Now how to convince her to find another couple to take a taxi with? She still insists on carrying her 50lb + gigantic suitcase.


----------



## icydog

icydog said:


> Wow, have you hit a bruised spot! My friend has been lying about her age for so many years it will kill her to admit to her real age. But if there was ever a reason to tell the truth and come clean, this is it. I'll tell her.  Let's hope she does it. Thanks for the advice!
> 
> Now how to convince her to find another couple to take a taxi with? She still insists on carrying her 50lb + gigantic suitcase.



She's always been stubborn about "knowing what she's doing" but dragging this suitcase around in 100 degree sun makes zero sense to me.  They couldn't even get it out of the van when the driver took them back to the resort after they realized how crowded the airport was! I know she's scared to death, but please listen to me a little bit! :ignore:


----------



## ocdb8r

I fully appreciate the apprehension.  It's a daunting situation and many of the resorts are currently much more comfortable than the airport.  I had this very conversation with my friend as we realized it would be after 4pm before we left the Grand Solmar.  She was very concerned about us getting stuck at the airport overnight.  However, this is what I told her: First in, First out.  The people at that airport first are going to be the first to get out.  If we had waited we'd be behind anyone who showed up in the next 12-14 hours (at best) before we could have returned.  Do the math in the article posted by PStreet.  They've been operating evac flights since Tuesday afternoon.  They estimate through Wednesday they had evacuated approximately 5000 tourists...while they estimated there were as many as 30,000 stranded.  That's at least 6 full days of evacuation necessary, not taking into consideration the approaching tropical storm.  Not that I want her to "work" the system, but anyone in a wheelchair or with children under 10 is getting straight through the front of the line.

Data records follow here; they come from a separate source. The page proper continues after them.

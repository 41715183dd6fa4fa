//! Batches of near items by greedy graph growing in Morton order: triangles into clusters, clusters into groups.
//!
//! Items are placed in an order, one after another. The next one is the least in rank of the neighbours of the
//! present batch that aren't placed yet; if there is none, it is the least of all that aren't placed. Every
//! batch but the last is full. An item's rank is its Morton key (Morton, "A computer oriented geodetic data base
//! and a new technique in file sequencing", 1966), then its number. Items are neighbours if they share an edge.
//!
//! The rule is in `specs/Growing.antt` and knows no queue; `laws` says that it determines the order, and what
//! follows for batches. `geom_core` has points, triangles and limits, `half_mesh` edges and the rims of clusters.
//!
//! Lists are only read. After `Memory` nothing is returned, and nothing has changed.
#![tactic(auto)]

mod batches;
mod clusters;
mod edge_uses;
mod edges_of_item;
mod frontiers;
mod groups;
mod growing;
#[cfg(test)]
mod growing_tests;
mod keys;
pub mod laws;
mod min_queue;
mod ranking;
mod shapes;
mod shared_edges;
#[cfg(test)]
mod tests;

pub use clusters::cut_clusters;
pub use groups::cut_groups;
pub use keys::morton;
pub use shapes::{ClusterShape, Edges};
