use crate::patches::patch;
use dag_core::Counts;
use geom_core::Memory;
use page_codec::{Refused, decode_directory};
use std::alloc::Global;
use std::test::Fail;

/// The directory of the two squares: groups, clusters, digests of the pages.
const DIRECTORY: [&str; 10] = [
    "0000000001000000000000000000000000000000180000000800000000000000000000000000000002000000",
    "0400000000000000000000000000000000000000080000000800000000000000010000000200000001000000",
    "0400000000000000100000000000000000000000180000000800000000000000020000000300000001000000",
    "0100000002000000",
    "0200000002000000",
    "ffffffff04000000",
    "ffffffff04000000",
    "5de01ed330b84eacc504762ce4815caab659dbb9d1c2098309b175a756306c7c",
    "4fb4358b2db991a9f41db61a50a6c849f77373c53bc65896a67edaecf2d5580b",
    "c3658e2287d94f42e2d95eaac892329122f262a6f49d1802097a0039d419c6a5",
];

/// The counts of the two squares.
pub(crate) const TWO_SQUARES: Counts = Counts {
    groups: 3,
    clusters: 4,
    pages: 3,
    roots: 1,
    sources: 8,
};

/// The bytes of the directory.
pub(crate) fn directory(alloc: Global) -> Result<Vec<u8>, Fail> {
    let mut bytes = Vec::new(alloc);
    for part in DIRECTORY {
        let part = hex::decode(alloc, part).map_err(|_| "hex")?;
        bytes.extend_from_slice(&part).map_err(|_| "memory")?;
    }
    Ok(bytes)
}

/// The first rule that the bytes break and its offset, as a text.
fn broken(alloc: Global, bytes: &[u8]) -> Result<String, Memory> {
    if bytes.len() != 260 {
        return Ok(format!(in alloc; "another length")?);
    }
    match decode_directory(alloc, bytes, &TWO_SQUARES) {
        Ok(_directory) => Ok(format!(in alloc; "none")?),
        Err(Refused::Bad(found)) => Ok(format!(in alloc; "{} {}", found.rule, found.offset)?),
        Err(Refused::Memory) => Err(Memory),
    }
}

#[test]
fn the_first_broken_rule_is_told(rt: HostRuntime) -> Result<(), Fail> {
    // the groups begin at 0, 44 and 88, the clusters at 132, 140, 148 and 156, the digests at 164
    let cases = [
        ("0 0", "none"),
        // rule 1, an error: 2^31 - 1, 2^31
        ("44 255 255 255 127", "none"),
        ("44 0 0 0 128", "1 44"),
        // rule 2, terminal: 1, 2, 2^24
        ("48 1", "none"),
        ("48 2", "2 44"),
        ("48 0 0 0 1", "2 44"),
        // rule 3, a high x: 2^20, 2^20 + 1; a low x: -2^20, -2^20 - 1
        ("64 0 0 16 0", "none"),
        ("64 1 0 16 0", "3 44"),
        ("52 0 0 240 255", "none"),
        ("52 255 255 239 255", "3 44"),
        // rule 3, a low x, y and z: equal to the high one, above it
        ("52 8", "none"),
        ("52 9", "3 44"),
        ("56 8", "none"),
        ("56 9", "3 44"),
        ("60 1, 72 1", "none"),
        ("60 1", "3 44"),
        // rule 4, a page: 2, 3
        ("76 2", "none"),
        ("76 3", "4 44"),
        // rule 5, a first member: 4, 5; a number of members: 8, 9, 0
        ("80 4", "none"),
        ("80 5", "5 44"),
        ("84 8", "none"),
        ("84 9", "5 44"),
        ("84 0", "5 44"),
        // rule 6, a maker: 0, 2, 3, 2^32 - 1, 2^32 - 2
        ("132 0", "none"),
        ("132 2", "none"),
        ("132 3", "6 132"),
        ("132 255 255 255 255", "none"),
        ("132 254 255 255 255", "6 132"),
        // rule 7, a number of triangles: 1, 0, 128, 129
        ("136 1", "none"),
        ("136 0", "7 132"),
        ("136 128", "none"),
        ("136 129", "7 132"),
        ("160 129", "7 156"),
        // two rules in one record
        ("44 0 0 0 128, 48 2", "1 44"),
        ("48 2, 52 9", "2 44"),
        ("52 9, 76 3", "3 44"),
        ("76 3, 84 0", "4 44"),
        ("132 3, 136 0", "6 132"),
        // a greater rule in an earlier record
        ("40 9, 44 0 0 0 128", "5 0"),
        ("120 3, 132 3", "4 88"),
        ("136 0, 140 3", "7 132"),
        // any digest is taken
        ("164 0, 259 0", "none"),
    ];
    for (changes, want) in cases {
        let mut bytes = directory(rt.alloc())?;
        if patch(&mut bytes, changes).is_none() {
            return Err("no changes".into());
        }
        let told = broken(rt.alloc(), &bytes).map_err(|_| "memory")?;
        assert!(rt; told.as_str() == want, "{changes}");
    }
    Ok(())
}
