ghost use Rattle.std.specs.Prelude.{◌≡◌, List, option_map};
ghost use Rattle.page_codec.specs.declared.pages.PageCluster.{PageCluster};
ghost use Rattle.page_codec.specs.Lookups.{tris_with};

use geom_core::{Tagged, TaggedTris};
use std::marker::Model;

/// A cluster on a page.
#[derive(Debug, Drop)]
pub struct PageCluster {
    /// The cluster's number.
    pub number: u32,
    /// The cluster's triangles, in order.
    pub tris: TaggedTris,
}

/// The clusters on a page. Contracts see the list itself.
#[derive(Debug, Drop)]
pub struct PageClusters {
    items: Vec<PageCluster>,
}

impl Model for PageClusters {
    ghost Value = { List PageCluster };

    ghost view = { λ clusters. clusters.items.items };
}

impl PageClusters {
    /// Returns the list of the vector's clusters, without allocating.
    pub fn of(items: Vec<PageCluster>) -> PageClusters
        ensures { result ≡ items.items }
    {
        PageClusters { items }
    }

    /// The clusters, in order.
    pub fn as_slice(&self) -> &[PageCluster]
        ensures { result.now ≡ self.now }
    {
        self.items.as_slice()
    }
}

/// A page of a file: whole clusters, with their triangles.
#[derive(Debug, Drop)]
pub struct Page {
    /// The page's number, from 0.
    pub number: u32,
    /// The clusters on the page; ascending, if the page is of a checked DAG.
    pub clusters: PageClusters,
}

impl Page {
    /// Returns the triangles of the cluster of this number, or `None` if the page has no such cluster.
    ///
    /// Any number may be asked for. The clusters are looked through one after the other.
    pub fn cluster(&self, number: u32) -> Option<&[Tagged]>
        ensures triangles { option_map (λ tris. tris.now) result ≡ tris_with number self.now.clusters }
    {
        for cluster in self.clusters.as_slice() {
            if cluster.number == number {
                return Some(cluster.tris.as_slice());
            }
        }
        None
    }
}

There is currently food and there may currently be clean water, but the power is going to go out at some point...at some point the water filters will stop working (if they haven't failed due to the storm already, which is why we took the precaution to boil water).  There are no new fresh supplies to be gotten.  Dehydration to me is the next biggest risk given the heat and humidity and the unavoidable reality that you're going to have to wait in some sort of line at the airport at some point.  PB is not the only group making clear everyone must be out by Friday.  They know another storm is coming and they are already running by a thread.  They know they can't really support people past Friday given the current situation.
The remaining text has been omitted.